New Paradigms For A New Era

In the recent past, the biggest challenge was the pace of change. Things moved fast so we had to race to keep up. But over the next 20 years or so, we will be working with new technologies that we are just beginning to understand. That will greatly change the problems we will face. It won’t be just the pace of change, but the very nature of that change we will struggle with.
Consider quantum computing and neuromorphic chips, two post-Moore’s law technologies that are likely to become widely deployed after 2020 and that function very differently than traditional computing frameworks. While we know theoretically what the potential of these should be, in practical terms, we know very little. After all, nobody has ever used them before.
There are also completely new fields emerging such as genomics, nanotechnology and robotics, which are truly cutting edge technologies that require PhD level specialists to work with them. Unlike building a new iPhone app or creating a user interface, these won’t lend themselves to the old “iterate, adapt and pivot” approach, at least not for a few decades.
Another thing to consider will be resource constraints. There are relatively few trained specialists in areas like machine learning and those that are qualified are rumored to be paid like professional athletes. Few firms, outside of the likes of Google, IBM, Microsoft and a few others are able to compete for them.

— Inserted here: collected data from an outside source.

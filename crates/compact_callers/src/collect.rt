//! Collecting, joining and extending.
#![tactic(auto, using(compact_str::proofs::ForCallers::caller_facts))]

ghost use Rattle.std.specs.Prelude.{◌≡◌, ◌+◌, ◌≤◌, ◌++◌, [], map, flat_map, fold, filter, ◌==◌, not, IfOk, OnOk, OnErr, codes, string_bytes};
ghost use Rattle.std.specs.Char.{to_ascii_uppercase};
ghost use Rattle.std.specs.String.{string_capacity};
ghost use Rattle.compact_str.specs.Text.{text_of, size};
ghost use Rattle.compact_str.specs.Order.{text_in};
ghost use Rattle.compact_str.specs.Collect.{join};
ghost use Rattle.compact_str.specs.Room.{IsPlacedBySize};

use compact_str::{CompactString, CompactStringExt, ReserveError, append_all};
use std::alloc::{AllocError, Global};

/// Joins the parts of a path.
pub fn path(alloc: Global, parts: &[&str]) -> Result<CompactString, ReserveError>
    ensures text { IfOk result
        (λ v. v.text ≡ join (codes "/") (λ part. text_of part.now) parts.now) }
    ensures place { IfOk result IsPlacedBySize }
{
    parts.iter().copied().join_compact(alloc, "/")
}

/// Joins parts by any separator.
pub fn joined_parts(
    alloc: Global,
    parts: Vec<&str>,
    separator: &str,
) -> Result<CompactString, ReserveError>
    ensures { IfOk result
        (λ v. v.text ≡ join (text_of separator.now)
        (λ part. text_of part.now) parts.entry.items) }
{
    parts.into_iter().join_compact(alloc, separator)
}

/// Lists names in one line, by reference.
pub fn list_of_names(
    alloc: Global,
    names: &[CompactString],
    separator: &str,
) -> Result<CompactString, ReserveError>
    ensures { IfOk result (λ v. v.text ≡ join (text_of separator.now) text_in names.now) }
{
    names.iter().join_compact(alloc, separator)
}

/// Concatenates names, collected with `map`; the length is the sum of theirs.
pub fn names_by_map(alloc: Global, names: &[CompactString]) -> Result<CompactString, ReserveError>
    ensures { IfOk result (λ v. size v.text ≡ fold (λ n name. n + size name.text) 0 names.now) }
{
    CompactString::from_texts(alloc, names.iter().map(|name| name.as_str()))
}

/// Returns an uppercase copy of a line, collected with `map`.
pub fn in_uppercase(alloc: Global, line: &str) -> Result<CompactString, ReserveError>
    ensures { IfOk result (λ v. v.text ≡ map to_ascii_uppercase (text_of line.now)) }
{
    CompactString::from_chars(alloc, line.chars().map(|c| c.to_ascii_uppercase()))
}

/// Concatenates names, by reference.
pub fn names_end_to_end(
    alloc: Global,
    names: &[CompactString],
) -> Result<CompactString, ReserveError>
    ensures { IfOk result (λ v. v.text ≡ flat_map text_in names.now) }
{
    CompactString::from_texts(alloc, names.iter())
}

/// Concatenates the words of a line, by reference.
pub fn words_end_to_end(alloc: Global, words: &[&str]) -> Result<CompactString, ReserveError>
    ensures { IfOk result (λ v. v.text ≡ flat_map (λ word. text_of word.now) words.now) }
{
    words.iter().concat_compact(alloc)
}

/// Same as `words_end_to_end`, with the library's `collect`.
pub fn gathered_words(alloc: Global, words: &[&str]) -> Result<CompactString, AllocError>
    ensures { IfOk result (λ v. v.text ≡ flat_map (λ word. text_of word.now) words.now) }
{
    words.iter().copied().collect(alloc)
}

/// Copies a line character by character.
pub fn character_by_character(alloc: Global, line: &str) -> Result<CompactString, ReserveError>
    ensures { IfOk result (λ v. v.text ≡ text_of line.now) }
{
    CompactString::from_chars(alloc, line.chars())
}

/// Copies a line without its spaces.
pub fn without_spaces(alloc: Global, line: &str) -> Result<CompactString, ReserveError>
    ensures { IfOk result (λ v. v.text ≡ filter (λ c. not (c == 32)) (text_of line.now)) }
{
    CompactString::from_chars(alloc, line.chars().filter(|c| *c != ' '))
}

/// Appends the fields of a record to a line.
pub fn append_fields(line: &mut CompactString, fields: &[&str]) -> Result<(), ReserveError>
    ensures { OnOk result
        (line.new.text ≡ line.old.text ++ flat_map (λ field. text_of field.now) fields.now) }
{
    line.extend_texts(fields.iter().copied())
}

/// Appends all fields, or leaves the text unchanged.
pub fn append_all_or_none(line: &mut CompactString, fields: &[&str]) -> Result<(), ReserveError>
    ensures text { OnOk result
        (line.new.text ≡ line.old.text ++ flat_map (λ field. text_of field.now) fields.now) }
    ensures unchanged { OnErr result (line.new.text ≡ line.old.text) }
{
    let len = line.len();
    match line.extend_texts(fields.iter().copied()) {
        Ok(()) => Ok(()),
        Err(error) => {
            line.truncate(len);
            Err(error)
        }
    }
}

/// Appends the characters of a name.
pub fn append_characters(line: &mut CompactString, name: &str) -> Result<(), ReserveError>
    ensures { OnOk result (line.new.text ≡ line.old.text ++ text_of name.now) }
{
    line.extend_chars(name.chars())
}

/// Appends values to a `String`.
pub fn append_values(line: &mut String, values: Vec<CompactString>) -> Result<(), ReserveError>
    ensures { OnOk result
        (text_of (string_bytes line.new)
        ≡ text_of (string_bytes line.old) ++ flat_map text_in values.items) }
{
    append_all(line, values)
}

/// Overwrites a `String` with values. If that fails the line is empty. Never shrinks the capacity, so what fitted
/// before still fits.
pub fn rewrite_line(line: &mut String, values: Vec<CompactString>) -> Result<(), ReserveError>
    ensures text { OnOk result (text_of (string_bytes line.new) ≡ flat_map text_in values.items) }
    ensures room { string_capacity line.old ≤ string_capacity line.new }
    ensures empty { OnErr result (string_bytes line.new ≡ []) }
{
    line.clear();
    match append_all(line, values) {
        Ok(()) => Ok(()),
        Err(error) => {
            line.clear();
            Err(error)
        }
    }
}
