//! Removals and cuts, with contracts in bytes.
#![tactic(auto, using(compact_str::proofs::ForCallers::caller_facts, compact_str::proofs::ForCallers::byte_facts))]

ghost use Rattle.std.specs.Prelude.{◌≡◌, ◌+◌, ◌<◌, ◌≤◌, length, take, drop, IfOk, OnOk};
ghost use Rattle.std.specs.Char.{len_utf8};
ghost use Rattle.std.specs.List.{remove_range};
ghost use Rattle.std.specs.Str.{IsCharBoundary, IsUtf8};
ghost use Rattle.compact_str.specs.Text.{utf8};
ghost use Rattle.compact_str.specs.Cut.{IsBoundary};

use compact_str::{CompactString, ReserveError};

/// Shortens a line to its first `len` bytes, a boundary of them.
pub fn cut(line: &mut CompactString, len: usize)
    requires { IsCharBoundary (utf8 line.old.text) len }
    ensures { utf8 line.new.text ≡ take len (utf8 line.old.text) }
{
    line.truncate(len);
}

/// Splits a line at a boundary of its bytes.
pub fn split(line: &mut CompactString, at: usize) -> Result<CompactString, ReserveError>
    requires { IsCharBoundary (utf8 line.old.text) at }
    ensures back { IfOk result (λ back. utf8 back.text ≡ drop at (utf8 line.old.text)) }
    ensures front { OnOk result (utf8 line.new.text ≡ take at (utf8 line.old.text)) }
{
    line.split_off(at)
}

/// Removes the character at a boundary.
pub fn remove_at(line: &mut CompactString, at: usize) -> Result<char, ReserveError>
    requires boundary { IsCharBoundary (utf8 line.old.text) at }
    requires within { at < length (utf8 line.old.text) }
    ensures { IfOk result
        (λ c. utf8 line.new.text ≡ remove_range (utf8 line.old.text) at (at + len_utf8 c)) }
{
    line.remove(at)
}

/// Removes the bytes from one boundary to another.
pub fn remove_part(line: &mut CompactString, start: usize, end: usize) -> Result<(), ReserveError>
    requires order { start ≤ end }
    requires first { IsBoundary line.old.text start }
    requires last { IsBoundary line.old.text end }
    ensures { OnOk result
        (utf8 line.new.text ≡ remove_range (utf8 line.old.text) start end) }
{
    drop(line.drain_within(start..end)?);
    Ok(())
}

/// Returns the bytes of a line, which are UTF-8.
pub fn bytes_of(line: &CompactString) -> &[u8]
    ensures bytes { result.now ≡ utf8 line.now.text }
    ensures valid { IsUtf8 (utf8 line.now.text) }
{
    line.as_bytes()
}

/// Returns the front of a line, up to a boundary.
pub fn front_of(line: &CompactString, len: usize) -> &str
    requires { IsBoundary line.now.text len }
    ensures { result.now ≡ take len (utf8 line.now.text) }
{
    &line[..len]
}
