//! Counts and totals over a field of records, in a map by text.
#![tactic(auto, using(compact_str::proofs::TextKeys::map_facts))]

ghost use Rattle.std.specs.Prelude.{◌≡◌, ◌<◌, ◌^◌, ℕ, List, IfOk, bytes_eq, count_by, sum_by, unwrap_or, if◌then◌else◌};
ghost use Rattle.compact_str.specs.Text.{utf8};
ghost use Rattle.compact_str.specs.SortedKeys as sorted;

use compact_str::{CompactString, ReserveError};
use std::alloc::Global;
use std::collections::BTreeMap;

/// A visit to a host.
#[derive(Drop)]
pub struct Visit {
    pub host: CompactString,
    pub seconds: u32,
}

/// Returns how many of the visits each host had.
pub fn visits_by_host(
    alloc: Global,
    visits: &[Visit],
) -> Result<BTreeMap<CompactString, u64>, ReserveError>
    ensures { IfOk result (λ counts. (host : List ℕ) →
        unwrap_or (sorted.get_by_text counts host) 0
        ≡ count_by (λ visit. bytes_eq host (utf8 visit.host.text)) visits.now) }
{
    let mut counts = BTreeMap::new(alloc);
    for visit in visits {
        *counts.entry(visit.host.clone()?)?.or_insert(0) += 1;
    }
    Ok(counts)
}

/// Returns how many seconds the visits of each host took, all of which add up within 64 bits.
pub fn seconds_by_host(
    alloc: Global,
    visits: &[Visit],
) -> Result<BTreeMap<CompactString, u64>, ReserveError>
    requires { sum_by (λ visit. visit.seconds) visits.now < 2 ^ 64 }
    ensures { IfOk result (λ totals. (host : List ℕ) →
        unwrap_or (sorted.get_by_text totals host) 0
        ≡ sum_by (λ visit. if bytes_eq host (utf8 visit.host.text) then visit.seconds else 0)
        visits.now) }
{
    let mut totals = BTreeMap::new(alloc);
    for visit in visits {
        *totals.entry(visit.host.clone()?)?.or_insert(0) += visit.seconds as u64;
    }
    Ok(totals)
}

The Challenge Ahead: Overcoming The Valley Of Death

Over the past generation, innovation has mostly been an engineering problem. Software developers learned languages like Python and C++, which themselves were based on earlier languages, tracing their lineage all the way back to early ancestors like Fortran and COBOL. Chip and battery designs followed similar paths.
Now, however, we’re entering truly new territory and simply moving faster won’t be enough any more. The central challenge will be to bridge the gap—unaffectionately known in the scientific world as the “Valley of Death”—between discovery and commercialization. In the past, this has mainly been a government role, but in the years to come, the private sector will have to step up.
Rather than simply hacking their way to success, managers will find it increasingly important to identify and access new discoveries in the academic world. We’ll also need to create a new breed of innovative organization, which integrates the efforts of government agencies, academic institutions and private companies.
Dharemendra Modha, who leads IBM’s team developing neuromorphic chips told me, “We’re largely working in uncharted territory, so there is literally no one person on earth who has all the answers. Building a shared vision and a collaborative spirit among world-class scientists from a wide range of organizations has been absolutely crucial to our success.”
As we enter this new era of innovation, collaboration will become a key competitive attribute. It will no longer be enough to be agile and disrupt, we will have to discover and build.